■ **Work to complete**: Please return all of the material exactly, with no line missing.

■ **Records for processing**:

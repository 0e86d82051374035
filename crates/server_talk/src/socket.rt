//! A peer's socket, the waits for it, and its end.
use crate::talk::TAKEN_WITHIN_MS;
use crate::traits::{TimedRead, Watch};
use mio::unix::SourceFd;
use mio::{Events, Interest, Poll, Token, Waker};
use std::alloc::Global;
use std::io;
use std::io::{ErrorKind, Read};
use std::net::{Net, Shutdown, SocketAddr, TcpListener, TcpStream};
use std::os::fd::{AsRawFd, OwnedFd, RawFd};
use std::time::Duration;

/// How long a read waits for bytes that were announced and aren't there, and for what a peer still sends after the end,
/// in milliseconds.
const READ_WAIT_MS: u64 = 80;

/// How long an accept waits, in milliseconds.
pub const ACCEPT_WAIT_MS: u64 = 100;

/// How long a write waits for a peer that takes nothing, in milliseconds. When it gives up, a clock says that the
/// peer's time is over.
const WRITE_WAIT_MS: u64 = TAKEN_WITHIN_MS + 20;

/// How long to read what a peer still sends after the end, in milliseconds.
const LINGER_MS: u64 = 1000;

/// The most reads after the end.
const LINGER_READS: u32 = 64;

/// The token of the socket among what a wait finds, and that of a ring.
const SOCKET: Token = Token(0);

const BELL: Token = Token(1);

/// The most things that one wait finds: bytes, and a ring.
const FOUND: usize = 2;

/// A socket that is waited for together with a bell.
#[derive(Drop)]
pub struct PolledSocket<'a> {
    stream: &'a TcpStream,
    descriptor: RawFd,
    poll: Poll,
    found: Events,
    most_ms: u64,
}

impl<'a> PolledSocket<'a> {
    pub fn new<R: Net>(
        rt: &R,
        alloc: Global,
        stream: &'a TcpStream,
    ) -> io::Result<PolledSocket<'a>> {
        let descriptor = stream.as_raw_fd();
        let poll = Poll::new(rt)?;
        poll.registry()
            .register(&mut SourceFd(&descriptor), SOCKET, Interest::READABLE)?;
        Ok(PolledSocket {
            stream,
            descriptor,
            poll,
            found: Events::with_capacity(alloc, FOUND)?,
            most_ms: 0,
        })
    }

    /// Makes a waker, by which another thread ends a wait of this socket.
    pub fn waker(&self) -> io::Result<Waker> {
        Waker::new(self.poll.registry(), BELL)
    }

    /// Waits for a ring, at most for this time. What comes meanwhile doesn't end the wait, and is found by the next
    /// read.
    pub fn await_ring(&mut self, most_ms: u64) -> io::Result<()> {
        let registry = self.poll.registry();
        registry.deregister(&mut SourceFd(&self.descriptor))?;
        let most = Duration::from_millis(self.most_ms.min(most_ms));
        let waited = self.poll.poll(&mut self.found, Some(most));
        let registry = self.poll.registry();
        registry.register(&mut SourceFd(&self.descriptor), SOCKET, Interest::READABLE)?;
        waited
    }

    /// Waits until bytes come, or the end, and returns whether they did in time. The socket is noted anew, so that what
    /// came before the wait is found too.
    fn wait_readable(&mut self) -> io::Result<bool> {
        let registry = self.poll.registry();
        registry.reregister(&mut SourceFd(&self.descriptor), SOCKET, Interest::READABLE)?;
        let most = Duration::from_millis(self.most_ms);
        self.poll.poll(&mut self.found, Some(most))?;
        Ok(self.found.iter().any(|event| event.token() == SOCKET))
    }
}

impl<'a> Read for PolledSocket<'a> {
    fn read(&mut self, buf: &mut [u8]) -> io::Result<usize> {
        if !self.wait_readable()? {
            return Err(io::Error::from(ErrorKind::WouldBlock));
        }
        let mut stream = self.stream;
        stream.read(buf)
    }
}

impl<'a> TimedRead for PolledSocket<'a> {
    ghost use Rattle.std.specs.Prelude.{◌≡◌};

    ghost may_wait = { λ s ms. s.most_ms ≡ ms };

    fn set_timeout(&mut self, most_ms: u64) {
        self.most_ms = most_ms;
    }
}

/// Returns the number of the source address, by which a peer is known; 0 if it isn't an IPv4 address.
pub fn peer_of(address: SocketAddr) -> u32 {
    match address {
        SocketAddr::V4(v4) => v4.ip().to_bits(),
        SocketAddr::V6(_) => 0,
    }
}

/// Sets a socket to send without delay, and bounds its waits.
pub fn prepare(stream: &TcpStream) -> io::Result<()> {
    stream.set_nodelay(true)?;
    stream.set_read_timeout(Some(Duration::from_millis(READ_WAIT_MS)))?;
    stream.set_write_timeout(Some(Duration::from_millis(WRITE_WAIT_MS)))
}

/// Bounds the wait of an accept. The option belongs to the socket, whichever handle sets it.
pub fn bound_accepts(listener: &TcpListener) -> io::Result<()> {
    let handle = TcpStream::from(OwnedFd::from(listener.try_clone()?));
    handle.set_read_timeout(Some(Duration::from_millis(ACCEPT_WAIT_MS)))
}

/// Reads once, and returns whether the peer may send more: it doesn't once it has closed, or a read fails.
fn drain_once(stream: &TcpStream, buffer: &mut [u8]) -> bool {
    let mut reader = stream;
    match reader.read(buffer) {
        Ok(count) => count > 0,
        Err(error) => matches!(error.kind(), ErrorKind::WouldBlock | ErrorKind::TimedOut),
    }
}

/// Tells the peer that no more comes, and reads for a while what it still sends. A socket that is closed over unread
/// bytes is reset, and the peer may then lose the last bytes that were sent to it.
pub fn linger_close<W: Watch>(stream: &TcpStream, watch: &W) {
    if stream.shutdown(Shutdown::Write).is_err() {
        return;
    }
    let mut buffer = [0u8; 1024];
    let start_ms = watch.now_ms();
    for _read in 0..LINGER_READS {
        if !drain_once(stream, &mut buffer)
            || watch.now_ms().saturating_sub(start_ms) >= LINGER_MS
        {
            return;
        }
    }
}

■ **Response**:
repository 0e86d82051374035
filename crates/server_talk/src/socket.rt
//! A peer's socket, the waits for it, and its end.
use crate::talk::TAKEN_WITHIN_MS;
use crate::traits::{TimedRead, Watch};
use mio::unix::SourceFd;
use mio::{Events, Interest, Poll, Token, Waker};
use std::alloc::Global;
use std::io;
use std::io::{ErrorKind, Read};
use std::net::{Net, Shutdown, SocketAddr, TcpListener, TcpStream};
use std::os::fd::{AsRawFd, OwnedFd, RawFd};
use std::time::Duration;

/// How long a read waits for bytes that were announced and aren't there, and for what a peer still sends after the end,
/// in milliseconds.
const READ_WAIT_MS: u64 = 80;

/// How long an accept waits, in milliseconds.
pub const ACCEPT_WAIT_MS: u64 = 100;

/// How long a write waits for a peer that takes nothing, in milliseconds. When it gives up, a clock says that the
/// peer's time is over.
const WRITE_WAIT_MS: u64 = TAKEN_WITHIN_MS + 20;

/// How long to read what a peer still sends after the end, in milliseconds.
const LINGER_MS: u64 = 1000;

/// The most reads after the end.
const LINGER_READS: u32 = 64;

/// The token of the socket among what a wait finds, and that of a ring.
const SOCKET: Token = Token(0);

const BELL: Token = Token(1);

/// The most things that one wait finds: bytes, and a ring.
const FOUND: usize = 2;

/// A socket that is waited for together with a bell.
#[derive(Drop)]
pub struct PolledSocket<'a> {
    stream: &'a TcpStream,
    descriptor: RawFd,
    poll: Poll,
    found: Events,
    most_ms: u64,
}

impl<'a> PolledSocket<'a> {
    pub fn new<R: Net>(
        rt: &R,
        alloc: Global,
        stream: &'a TcpStream,
    ) -> io::Result<PolledSocket<'a>> {
        let descriptor = stream.as_raw_fd();
        let poll = Poll::new(rt)?;
        poll.registry()
            .register(&mut SourceFd(&descriptor), SOCKET, Interest::READABLE)?;
        Ok(PolledSocket {
            stream,
            descriptor,
            poll,
            found: Events::with_capacity(alloc, FOUND)?,
            most_ms: 0,
        })
    }

    /// Makes a waker, by which another thread ends a wait of this socket.
    pub fn waker(&self) -> io::Result<Waker> {
        Waker::new(self.poll.registry(), BELL)
    }

    /// Waits for a ring, at most for this time. What comes meanwhile doesn't end the wait, and is found by the next
    /// read.
    pub fn await_ring(&mut self, most_ms: u64) -> io::Result<()> {
        let registry = self.poll.registry();
        registry.deregister(&mut SourceFd(&self.descriptor))?;
        let most = Duration::from_millis(self.most_ms.min(most_ms));
        let waited = self.poll.poll(&mut self.found, Some(most));
        let registry = self.poll.registry();
        registry.register(&mut SourceFd(&self.descriptor), SOCKET, Interest::READABLE)?;
        waited
    }

    /// Waits until bytes come, or the end, and returns whether they did in time. The socket is noted anew, so that what
    /// came before the wait is found too.
    fn wait_readable(&mut self) -> io::Result<bool> {
        let registry = self.poll.registry();
        registry.reregister(&mut SourceFd(&self.descriptor), SOCKET, Interest::READABLE)?;
        let most = Duration::from_millis(self.most_ms);
        self.poll.poll(&mut self.found, Some(most))?;
        Ok(self.found.iter().any(|event| event.token() == SOCKET))
    }
}

impl<'a> Read for PolledSocket<'a> {
    fn read(&mut self, buf: &mut [u8]) -> io::Result<usize> {
        if !self.wait_readable()? {
            return Err(io::Error::from(ErrorKind::WouldBlock));
        }
        let mut stream = self.stream;
        stream.read(buf)
    }
}

impl<'a> TimedRead for PolledSocket<'a> {
    ghost use Rattle.std.specs.Prelude.{◌≡◌};

    ghost may_wait = { λ s ms. s.most_ms ≡ ms };

    fn set_timeout(&mut self, most_ms: u64) {
        self.most_ms = most_ms;
    }
}

/// Returns the number of the source address, by which a peer is known; 0 if it isn't an IPv4 address.
pub fn peer_of(address: SocketAddr) -> u32 {
    match address {
        SocketAddr::V4(v4) => v4.ip().to_bits(),
        SocketAddr::V6(_) => 0,
    }
}

/// Sets a socket to send without delay, and bounds its waits.
pub fn prepare(stream: &TcpStream) -> io::Result<()> {
    stream.set_nodelay(true)?;
    stream.set_read_timeout(Some(Duration::from_millis(READ_WAIT_MS)))?;
    stream.set_write_timeout(Some(Duration::from_millis(WRITE_WAIT_MS)))
}

/// Bounds the wait of an accept. The option belongs to the socket, whichever handle sets it.
pub fn bound_accepts(listener: &TcpListener) -> io::Result<()> {
    let handle = TcpStream::from(OwnedFd::from(listener.try_clone()?));
    handle.set_read_timeout(Some(Duration::from_millis(ACCEPT_WAIT_MS)))
}

/// Reads once, and returns whether the peer may send more: it doesn't once it has closed, or a read fails.
fn drain_once(stream: &TcpStream, buffer: &mut [u8]) -> bool {
    let mut reader = stream;
    match reader.read(buffer) {
        Ok(count) => count > 0,
        Err(error) => matches!(error.kind(), ErrorKind::WouldBlock | ErrorKind::TimedOut),
    }
}

/// Tells the peer that no more comes, and reads for a while what it still sends. A socket that is closed over unread
/// bytes is reset, and the peer may then lose the last bytes that were sent to it.
pub fn linger_close<W: Watch>(stream: &TcpStream, watch: &W) {
    if stream.shutdown(Shutdown::Write).is_err() {
        return;
    }
    let mut buffer = [0u8; 1024];
    let start_ms = watch.now_ms();
    for _read in 0..LINGER_READS {
        if !drain_once(stream, &mut buffer)
            || watch.now_ms().saturating_sub(start_ms) >= LINGER_MS
        {
            return;
        }
    }
}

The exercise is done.